Wyświetl Pojedyńczy Post
Stary 03-09-2012, 00:16   #64
Aeshadiv
 
Aeshadiv's Avatar
 
Reputacja: 1 Aeshadiv ma wspaniałą reputacjęAeshadiv ma wspaniałą reputacjęAeshadiv ma wspaniałą reputacjęAeshadiv ma wspaniałą reputacjęAeshadiv ma wspaniałą reputacjęAeshadiv ma wspaniałą reputacjęAeshadiv ma wspaniałą reputacjęAeshadiv ma wspaniałą reputacjęAeshadiv ma wspaniałą reputacjęAeshadiv ma wspaniałą reputacjęAeshadiv ma wspaniałą reputację
Witaj Ruppercie, miło że przyszedłeś na śniadanie!- Powiedział Wilhelm, którego wyrwało ze snu gwałtwone poruszenie w karczmie. Nagle zobaczył znak wymalowany krwią a jego oblicze zmieniło się nie do poznania. Zmarszczył brwi... to co zostało z jego brwi i splunął w stronę znaku.

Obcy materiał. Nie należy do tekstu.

//! What one more line adds to the scenario that was read so far.
ghost use Rattle.std.specs.Prelude.{◌≡◌, ◌==◌, map, option_map, IfOk, Some, None, if◌then◌else◌};
ghost use Rattle.std.specs.Char.{is_ascii};
ghost use Rattle.std.specs.List.{list_all, list_any};
ghost use Rattle.scenario_texts.specs.Plans.{plan_of};
ghost use Rattle.scenario_texts.specs.Reading.{ascii_of, begun_of, with_keys, is_new_liar, with_liar, has_setup_alone, with_frames, with_command, going_on, first_plan, next_by_keyword, next_by_words, next_of};

use crate::batch::words;
use crate::command_reading::command;
use crate::fields::{one_number, two_numbers};
use crate::keyword::{Keyword, keyword_of};
use crate::scenario::{Scenario, Setup};
use crate::setup_reading::{config, params};
use ledger_model::{AppKinds, ReplicaId, Version};
use std::alloc::{AllocError, Global};

/// The scenario that consists of the cluster.
#[tactic(auto, unfolding(crate::specs::Reading::begun_of))]
fn begun(alloc: Global, kinds: AppKinds, fields: &[&str]) -> Option<Scenario>
    ensures { option_map plan_of result ≡ begun_of kinds (map (λ field. field.now) fields.now) }
{
    let config = config(kinds, fields)?;
    Some(Scenario {
        setup: Setup {
            config,
            keys: None,
            liars: Vec::new(alloc),
        },
        commands: Vec::new(alloc),
    })
}

/// Whether no version, no liar and no command was read.
#[tactic(auto, unfolding(crate::specs::Reading::has_setup_alone))]
fn is_early(scenario: &Scenario) -> bool
    ensures { result ≡ has_setup_alone (plan_of scenario.now) }
{
    let setup = &scenario.setup;
    matches!(setup.config.frames, Version::One)
        && setup.liars.is_empty()
        && scenario.commands.is_empty()
}

/// Sets the parameter set of a line. No parameter set, no version, no liar and no command may have come before it.
#[tactic(auto, unfolding(crate::specs::Reading::with_keys))]
fn with_keys(mut scenario: Scenario, fields: &[&str]) -> Option<Scenario>
    ensures { option_map plan_of result ≡ with_keys (plan_of scenario) (map (λ field. field.now) fields.now) }
{
    let keys = params(two_numbers(fields)?)?;
    if scenario.setup.keys.is_some() || !is_early(&scenario) {
        return None;
    }
    scenario.setup.keys = Some(keys);
    Some(scenario)
}

/// Sets version 2 for the frames, if that is the line's version. No version, no liar and no command may have come before it.
#[tactic(auto, unfolding(crate::specs::Reading::with_frames))]
fn with_frames(mut scenario: Scenario, fields: &[&str]) -> Option<Scenario>
    ensures { option_map plan_of result ≡ with_frames (plan_of scenario) (map (λ field. field.now) fields.now) }
{
    let [version] = fields else {
        return None;
    };
    if *version != "2" || !is_early(&scenario) {
        return None;
    }
    scenario.setup.config.frames = Version::Two;
    Some(scenario)
}

/// Whether the replica with this number is among the liars.
fn is_among(liars: &[ReplicaId], number: u32) -> bool
    ensures { result ≡ list_any (λ liar. liar == number) liars.now }
{
    let is_it = |liar: &ReplicaId| -> bool
        ensures { result ≡ (liar.now == number) }
    { u32::from(liar.number()) == number };
    liars.iter().any(is_it)
}

/// The replica with this number, if it may be named as another liar.
#[tactic(auto, unfolding(crate::specs::Reading::is_new_liar))]
fn new_liar(scenario: &Scenario, number: u32) -> Option<ReplicaId>
    ensures { result ≡ (if is_new_liar (plan_of scenario.now) number then Some number else None) }
{
    let setup = &scenario.setup;
    if !scenario.commands.is_empty() || setup.liars.len() >= usize::from(setup.config.faults) {
        return None;
    }
    if is_among(setup.liars.as_slice(), number) || number >= u32::from(setup.config.replicas) {
        return None;
    }
    Some(ReplicaId::new(number as u8))
}

/// Adds the liar of a line.
#[tactic(auto, unfolding(crate::specs::Reading::with_liar))]
fn with_liar(mut scenario: Scenario, fields: &[&str]) -> Result<Option<Scenario>, AllocError>
    ensures { IfOk result (λ found. option_map plan_of found ≡ with_liar (plan_of scenario) (map (λ field. field.now) fields.now)) }
{
    let Some(number) = one_number(fields) else {
        return Ok(None);
    };
    let Some(liar) = new_liar(&scenario, number) else {
        return Ok(None);
    };
    scenario.setup.liars.push(liar)?;
    Ok(Some(scenario))
}

/// Adds the command of a line.
#[tactic(auto, unfolding(crate::specs::Reading::with_command))]
fn with_command(
    alloc: Global,
    mut scenario: Scenario,
    keyword: Keyword,
    fields: &[&str],
) -> Result<Option<Scenario>, AllocError>
    ensures { IfOk result (λ found. option_map plan_of found ≡ with_command (plan_of scenario) keyword (map (λ field. field.now) fields.now)) }
{
    let setup = &scenario.setup;
    let version = setup.config.frames;
    let Some(command) = command(version, alloc, setup.liars.as_slice(), keyword, fields)? else {
        return Ok(None);
    };
    scenario.commands.push(command)?;
    Ok(Some(scenario))
}

/// The scenario after one more line.
#[tactic(auto, unfolding(crate::specs::Reading::going_on))]
fn going_on(
    alloc: Global,
    scenario: Scenario,
    keyword: Keyword,
    fields: &[&str],
) -> Result<Option<Scenario>, AllocError>
    ensures { IfOk result (λ found. option_map plan_of found ≡ going_on (plan_of scenario) keyword (map (λ field. field.now) fields.now)) }
{
    match keyword {
        Keyword::Config => Ok(None),
        Keyword::Keys => Ok(with_keys(scenario, fields)),
        Keyword::Frames => Ok(with_frames(scenario, fields)),
        Keyword::Liar => with_liar(scenario, fields),
        _ => with_command(alloc, scenario, keyword, fields),
    }
}

/// The scenario that starts with this line.
#[tactic(auto, unfolding(crate::specs::Reading::first_plan))]
fn beginning(alloc: Global, kinds: AppKinds, keyword: Keyword, fields: &[&str]) -> Option<Scenario>
    ensures { option_map plan_of result ≡ first_plan kinds keyword (map (λ field. field.now) fields.now) }
{
    match keyword {
        Keyword::Config => begun(alloc, kinds, fields),
        _ => None,
    }
}

/// The scenario after one more line, given the line's keyword and fields; the first line starts it.
#[tactic(auto, unfolding(crate::specs::Reading::next_by_keyword))]
fn next_by_keyword(
    alloc: Global,
    kinds: AppKinds,
    so_far: Option<Scenario>,
    keyword: Keyword,
    fields: &[&str],
) -> Result<Option<Scenario>, AllocError>
    ensures { IfOk result (λ found. option_map plan_of found ≡ next_by_keyword kinds (option_map plan_of so_far) keyword (map (λ field. field.now) fields.now)) }
{
    match so_far {
        None => Ok(beginning(alloc, kinds, keyword, fields)),
        Some(scenario) => going_on(alloc, scenario, keyword, fields),
    }
}

/// The scenario after one more line, given the line's words.
#[tactic(auto, unfolding(crate::specs::Reading::next_by_words))]
fn next_by_words(
    alloc: Global,
    kinds: AppKinds,
    so_far: Option<Scenario>,
    words: &[&str],
) -> Result<Option<Scenario>, AllocError>
    ensures { IfOk result (λ found. option_map plan_of found ≡ next_by_words kinds (option_map plan_of so_far) (map (λ word. word.now) words.now)) }
{
    let [first, fields @ ..] = words else {
        return Ok(None);
    };
    let Some(keyword) = keyword_of(first) else {
        return Ok(None);
    };
    next_by_keyword(alloc, kinds, so_far, keyword, fields)
}

/// Whether each byte is ASCII.
fn is_ascii(line: &[u8]) -> bool
    ensures { result ≡ list_all is_ascii line.now }
{
    line.iter().all(|byte| byte.is_ascii())
}

/// The line as text, if each byte of it is ASCII.
#[tactic(auto, unfolding(crate::specs::Reading::ascii_of))]
fn ascii(line: &[u8]) -> Option<&str>
    ensures { option_map (λ text. text.now) result ≡ ascii_of line.now }
{
    if !is_ascii(line) {
        return None;
    }
    str::from_utf8(line).ok()
}

/// The scenario after one more line that counts; `None` if the line is bad.
#[tactic(auto, unfolding(crate::specs::Reading::next_of))]
pub(crate) fn next(
    alloc: Global,
    kinds: AppKinds,
    so_far: Option<Scenario>,
    line: &[u8],
) -> Result<Option<Scenario>, AllocError>
    ensures { IfOk result (λ found. option_map plan_of found ≡ next_of kinds (option_map plan_of so_far) line.now) }
{
    let Some(line) = ascii(line) else {
        return Ok(None);
    };
    let words = words(alloc, line, ' ')?;
    next_by_words(alloc, kinds, so_far, words.as_slice())
}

- Widziałeś by ktoś tu wchodził lub wychodził, Ruppercie?
- Ruppert nad ranem, na godzinę przed wchodem słońca widział takiego dużego mężczyznę idącego w las. W sumie to nie mężczyzne. W sumie to nie wiem co. Taki wielki był. Miał takie kapturzysko na głowie. I miał takie złote szaty. I chciał Ruppertowi grozić! Takie wielkie słońce miał w dłoni! Świeciło i Ruppert uciekł daleko, bo to pewnie jakiś zły mag był. Tak! Magi są złe. Ruppert nie lubi takich co strzelają słońcem z ręki! Już widział takich! Jego towarzyszy taki spalił!
- mówił jak zwykle szybko i ledwo co zrozumiale. Patrząc na symbol wymalowany na ścianie przygarbił się bardziej niż zwykle. Bał się.
- Potrafiłbyś wskazać nam gdzie go widziałeś i w którą stronę szedł?- Uspokoił już się, widział że Ruppert się bał i nie miał ochoty straszyć go bardziej.
- Na południowym skraju lasu. Tak tak tak. W sumie to na północnym skraju, bo na poludniu miasta. Tak tak.
- powiedział po swojemu.
W karczmie rozległ się kaszel. Wasz wzrok skierował się na ławy, na których leżeli opatrywani w nocy ranni. Jeden z nich próbował się podnieśc, ale brakło mu sił i padł na posłanie. Znowu rozległo się jego charczenie, tylko trochę przypominające ludzkoą mowę.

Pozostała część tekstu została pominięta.